Charlie Parker said:


> I learned something new. I've never heard this expression used of a woman. In my part of the world, it is only used of men, particularly, short, stocky men, or small men who are nevertheless very muscular.



Funny, I being also Canadian, have heard it only in reference to women of 'sculptural beauty'.  >> bâtie comme une déesse grecque? 

And I've also never heard '_armoire à glace_' applied to a woman.


----------



## bing181

Charlie Parker said:


> I learned something new. I've never heard this expression used of a woman. In my part of the world, it is only used of men, particularly, short, stocky men, or small men who are nevertheless very muscular.



Me neither, and agree with your definition.

(late to thread ….)


----------



## petit1

elle est bâtie en force  
elle a une carrure d'athlète
Pour un homme OK, mais une femme ne sauterait pas de joie avec un tel "compliment". (Genre bûcheronne, quoi!)


----------



## Micia93

Tout dépend si cette expression s'applique à une femme genre Jane Mansfield ou à une femme lanceuse de poids!


----------



## CarlosRapido

Where I come from, the image of brick shithouse applies to Jane Mansfield type women, not to squat, solid female hammer throwers.


----------



## Micia93

so, the word "plantureuse" or "bien charpentée" might be the best in this case


----------



## petit1

épanouie ???


----------



## Micia93

A ce moment, il faut rajouter "formes" sinon, ce pourrait être pris au sens figuré : "elle a des formes épanouies"


----------



## ain'ttranslationfun?

I've never heard this expression used of a man, only by men of a woman who is "sacrément bien foutue", has a voluptuous figure, is "bien roulée". You'd never say it to a woman's face, unless you wanted your own slapped, or had had one too many. "Plantureuse" and "du monde au balcon" refer only to a woman's mammary attributes, but "built like a brick shithouse" means she's "round in all the appropriate places", well-built, "stacked". I have heard "canon" applied to women, but "armoire à glaces", only to men, nor can I recall having heard a man described by another man as "built like a brick shithouse". The reference to a shithouse in this context remains a mystery. For all I know, though (turn about is fair play), _mesdames _do say this of a hunk; I thought "beefcake" referred more to a style of male pinups than to an individual.


----------



## Micia93

"plantureuse" doesn't refer only to mammary attributes, but to bottom, hinches ...


----------



## archijacq

elle est belle comme un camion


----------



## CarlosRapido

Un visage qui cherche une baffe, Archijacq ? 

@ Micia - hinches?? re  

The first meaning of_ plantureuse_ is busty, but we tend to forget that it may also translate as buxom (healthy, plump, cheerful, and lively) - of generous proportions>>_q__ui est bien en chair, qui a des formes pleines, rebondies_; which aptly describes a brick shithouse.


----------



## ain'ttranslationfun?

For me, as for other previous posters, _zaftig_ ="busty". - micea, I think you might be right because I believe the expression may be "elle a la poitrine plantureuse". - For her buttocks, we have two hifalutin' words, one complimentary and the other not, both Greek: "callipygean", 'having beautiful buttocks", and "steatopygean", 'fat-assed'. - In the novel "Rhubarb", whose author's name I can't recall, there are two whimsical expressions I've never seen anywhere else for an ample-bosomed woman: "Whatta pair of lung warts!" and "I wish I had two bushels of tat to give her!" (from the expression "to give tit for tat"). FWIW_... _


----------



## CarlosRapido

ain'ttranslationfun? said:


> micea, I think you might be right because I believe the expression may be "elle a la poitrine plantureuse". [...]

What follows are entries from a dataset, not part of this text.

//! Lists of handles, linked through the places that the handles name.
#![tactic(auto)]

ghost use Rattle.std.specs.Prelude.{◌≡◌, ◌+◌, ℕ, Some, ◌≤◌, ◌<◌, [], ◌∷◌, ◌++◌, false, true, length, replicate, IfOk, slice_get};
ghost use Rattle.handle_pool.specs.Slots.{slot_of};
ghost use Rattle.linked_places.specs.Links.{links_followed, links_following, IsBelow};
ghost use Rattle.linked_places.specs.Lists.{list_at, stands_at, has_handle, without_handle, NowhereAt, with_list};

use handle_pool::SPAN;
use std::alloc::{AllocError, Global};
use std::marker::Model;

/// One place: the handle that stands there, and the places before and after it in its list.
#[derive(Clone, Copy, Debug, Drop)]
struct Link {
    handle: u64,
    previous: Option<u32>,
    next: Option<u32>,
}

/// The ends of a list, and how many handles it has.
#[derive(Clone, Copy, Debug, Drop)]
struct Ends {
    first: Option<u32>,
    last: Option<u32>,
    count: u32,
}

/// So many lists of handles, over so many places. A place stands in one list at most.
#[derive(Drop)]
pub struct LinkedLists {
    links: Vec<Link>,
    ends: Vec<Ends>,
}

impl Model for LinkedLists {
    ghost use Rattle.std.specs.Prelude.{map, length};
    ghost use Rattle.linked_places.specs.Lists.{HandleLists};

    ghost Value = { HandleLists };

    ghost use Rattle.linked_places.specs.Links.{linked_handles, IsLinked};

    ghost view = { λ l. record {
      places = length l.links.items;
      lists = map (linked_handles l.links.items) l.ends.items;
    } };

    ghost invariant = { λ l. IsLinked l.links.items l.ends.items (map (linked_handles l.links.items) l.ends.items) };
}

const NO_LINK: Link = Link {
    handle: 0,
    previous: None,
    next: None,
};

const NO_ENDS: Ends = Ends {
    first: None,
    last: None,
    count: 0,
};

impl LinkedLists {
    /// So many empty lists over so many places, with all the memory that they will use.
    ///
    /// # Errors
    ///
    /// - `AllocError`: memory ran out.
    pub fn new(alloc: Global, lists: u32, places: u32) -> Result<LinkedLists, AllocError>
        requires { places ≤ 65536 }
        ensures places { IfOk result (λ l. l.places ≡ places) }
        ensures lists { IfOk result (λ l. l.lists ≡ replicate lists []) }
    {
        Ok(LinkedLists {
            links: no_links(alloc, places)?,
            ends: no_ends(alloc, lists)?,
        })
    }

    /// Puts a handle at the end of a list.
    pub fn push(&mut self, list: u32, handle: u64)
        requires list { list < length self.old.lists }
        requires place { slot_of handle < self.old.places }
        requires nowhere { NowhereAt (slot_of handle) self.old.lists }
        ensures { self.new ≡ with_list self.old list (list_at self.old.lists list ++ handle ∷ []) }
    {
        let ends = self.ends[list as usize];
        let place = (handle % SPAN) as u32;
        let link = Link {
            handle,
            previous: ends.last,
            next: None,
        };
        set_next(&mut self.links, ends.last, Some(place));
        self.links[place as usize] = link;
        self.ends[list as usize] = Ends {
            first: ends.first.or(Some(place)),
            last: Some(place),
            count: ends.count + 1,
        };
    }

    /// Takes a handle out of a list.
    pub fn remove(&mut self, list: u32, handle: u64)
        requires { has_handle handle (list_at self.old.lists list) ≡ true }
        ensures new { self.new ≡ with_list self.old list (without_handle handle (list_at self.old.lists list)) }
        ensures gone { NowhereAt (slot_of handle) self.new.lists }
        ensures place { slot_of handle < self.old.places }
    {
        let link = self.links[(handle % SPAN) as usize];
        set_next(&mut self.links, link.previous, link.next);
        set_previous(&mut self.links, link.next, link.previous);
        let ends = self.ends[list as usize];
        self.ends[list as usize] = ends.without(link);
    }

    /// Empties a list.
    pub fn clear(&mut self, list: u32)
        requires { list < length self.old.lists }
        ensures { self.new ≡ with_list self.old list [] }
    {
        self.ends[list as usize] = NO_ENDS;
    }

    /// The first handle of a list; none exactly where it is empty.
    pub fn first(&self, list: u32) -> Option<u64>
        requires { list < length self.now.lists }
        ensures { result ≡ slice_get (list_at self.now.lists list) 0 }
    {
        match self.ends[list as usize].first {
            Some(place) => Some(self.links[place as usize].handle),
            None => None,
        }
    }

    /// The handle after this one in its list; none exactly where this one is the last.
    pub fn next(&self, handle: u64) -> Option<u64>
        requires { (list : ℕ) × (has_handle handle (list_at self.now.lists list) ≡ true) }
        ensures { (list i : ℕ) → slice_get (list_at self.now.lists list) i ≡ Some handle
            → result ≡ slice_get (list_at self.now.lists list) (i + 1) }
    {
        match self.links[(handle % SPAN) as usize].next {
            Some(after) => Some(self.links[after as usize].handle),
            None => None,
        }
    }

    /// How many handles a list has.
    pub fn len(&self, list: u32) -> u32
        requires { list < length self.now.lists }
        ensures count { result ≡ length (list_at self.now.lists list) }
        ensures few { result ≤ self.now.places }
    {
        self.ends[list as usize].count
    }
}

impl Ends {
    ghost use Rattle.linked_places.specs.Links.{ends_without};

    // The ends of the list without the handle of this link.
    fn without(self, link: Link) -> Ends
        requires { 0 < self.count }
        ensures { result ≡ ends_without self link }
    {
        Ends {
            first: if link.previous.is_none() {
                link.next
            } else {
                self.first
            },
            last: if link.next.is_none() {
                link.previous
            } else {
                self.last
            },
            count: self.count - 1,
        }
    }
}

// Has a place, if there is one, be followed by another.
fn set_next(links: &mut Vec<Link>, place: Option<u32>, next: Option<u32>)
    requires { IsBelow (length links.old.items) place }
    ensures { links.new.items ≡ links_followed links.old.items place next }
{
    if let Some(place) = place {
        links[place as usize].next = next;
    }
}

// Has a place, if there is one, follow another.
fn set_previous(links: &mut Vec<Link>, place: Option<u32>, previous: Option<u32>)
    requires { IsBelow (length links.old.items) place }
    ensures { links.new.items ≡ links_following links.old.items place previous }
{
    if let Some(place) = place {
        links[place as usize].previous = previous;
    }
}

fn no_links(alloc: Global, places: u32) -> Result<Vec<Link>, AllocError>
    ensures { IfOk result (λ links. links.items ≡ replicate places NO_LINK) }
{
    let mut links = Vec::with_capacity(alloc, places as usize)?;
    for place in 0..places {
        links.push_reserved(NO_LINK);
    }
    Ok(links)
}

fn no_ends(alloc: Global, lists: u32) -> Result<Vec<Ends>, AllocError>
    ensures { IfOk result (λ ends. ends.items ≡ replicate lists NO_ENDS) }
{
    let mut ends = Vec::with_capacity(alloc, lists as usize)?;
    for list in 0..lists {
        ends.push_reserved(NO_ENDS);
    }
    Ok(ends)
}
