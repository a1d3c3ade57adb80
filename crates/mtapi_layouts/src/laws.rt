//! The law of the two layouts. The function does nothing: its contract is the law.

ghost use Rattle.mtapi_layouts.specs.Turns.{Turns, OpeningTurns, HistoriesTurn, HistoriesAreNamed, NamedIsOuter, PendsAlike};

/// A node that has its handles in layout one, and turns those of its ops inwards and those of its replies outwards, answers as layout
/// two allows, step by step and over whole histories: its state is that of layout two with every handle turned. The slots in the
/// handles of new objects are below 2^24.
pub fn law_layouts()
    ensures step { Turns }
    ensures start { OpeningTurns }
    ensures history { HistoriesTurn }
    ensures named { HistoriesAreNamed }
    ensures back { NamedIsOuter }
    ensures pending { PendsAlike }
{}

Of course, when you specify_ poitrine_ it means busty, but _plantureuse_ may also be applied to the whole person ei; _une femme plantureuse >> _a buxom/curvaceous woman.  Please don't restrict the meaning of words to suit your argument...


----------



## ain'ttranslationfun?

I was agreeing w. micea by saying that I'd heard "une poitrine plantureuse", indicating that it was that part of the woman's figure we were referring to. Thus, a woman with an otherwise svelte figure can have "une poitrine plantureuse". Another adjective to toss into what is on the way to becoming a mini-dictionary here: "pneumatic" for a woman whose cups runneth over. However, I'm not sure 'buxom' (localized) and 'curvaceous' (overall) are necessarily synonyms? Whatever, I wonder which of these expressions would be considered complimentary or offensive by women thus endowed? And, to _revenir à nos moutons_, it seems like "built like a brick shithouse" has different meanings in  different parts of the EN-speaking world.


----------



## archijacq

CarlosRapido said:


> Un visage qui cherche une baffe, Archijacq ?
> 
> @ Micia - hinches?? re
> 
> The first meaning of_ plantureuse_ is busty, but we tend to forget that it may also translate as buxom (healthy, plump, cheerful, and lively) - of generous proportions>>_q__ui est bien en chair, qui a des formes pleines, rebondies_; which aptly describes a brick shithouse.



C'est un compliment...
_"C'est au milieu du XXe siècle que l'expression commence à apparaître. A la base, on part d'une ironie car peu de monde trouve un camion  joli ou beau. Mais cette expression veut bien dire gracieux et beau. Donc, dans ce même sens, on utilise le mot camion pour amplifier, pour grossir l'importance de l'adjectif "beau"."
_


----------



## Micia93

CarlosRapido said:


> @ Micia - hinches?? re



"je voulais dire "hip"! (je ne sais pas pourquoi j'ai mis "hinch" )


----------



## KaRiNe_Fr

Salut,

Je viens de lire tout ce fil, et j'avoue n'avoir toujours pas saisi ce qu'on veut exprimer avec cette expression...
Est-ce l'armoire à glace dans le sens _baraquée_ ? Est-ce plutôt dans le sens _bien balancée_, avec un _beau châssis_ ? Ou encore en rapport avec une _poitrine généreuse_ ?
Un petit éclairage ne nuirait pas.


----------



## CarlosRapido

La réponse diffère tout dépendant de qui répond; il semble y avoir plusieurs acceptions régionales, toutes teintées de perceptions personnelles...A mon humble avis 'armoire à glace' va pour un mec baraqué mais pas pour une amazone bien roulée. Et pour _'brick shithouse', _l'image s'inspire de la qualité de la construction (overkill) plutôt que de la carrure et la solidité  - pas très indiqué pour un homme. Dans mon coin ça réfère à une femme athlétique, sexy et aux courbes prononcées, la totale à la Sophia Loren; du genre à prendre 2 heures pour s'habiller parce qu'elle ralentit dans les virages. 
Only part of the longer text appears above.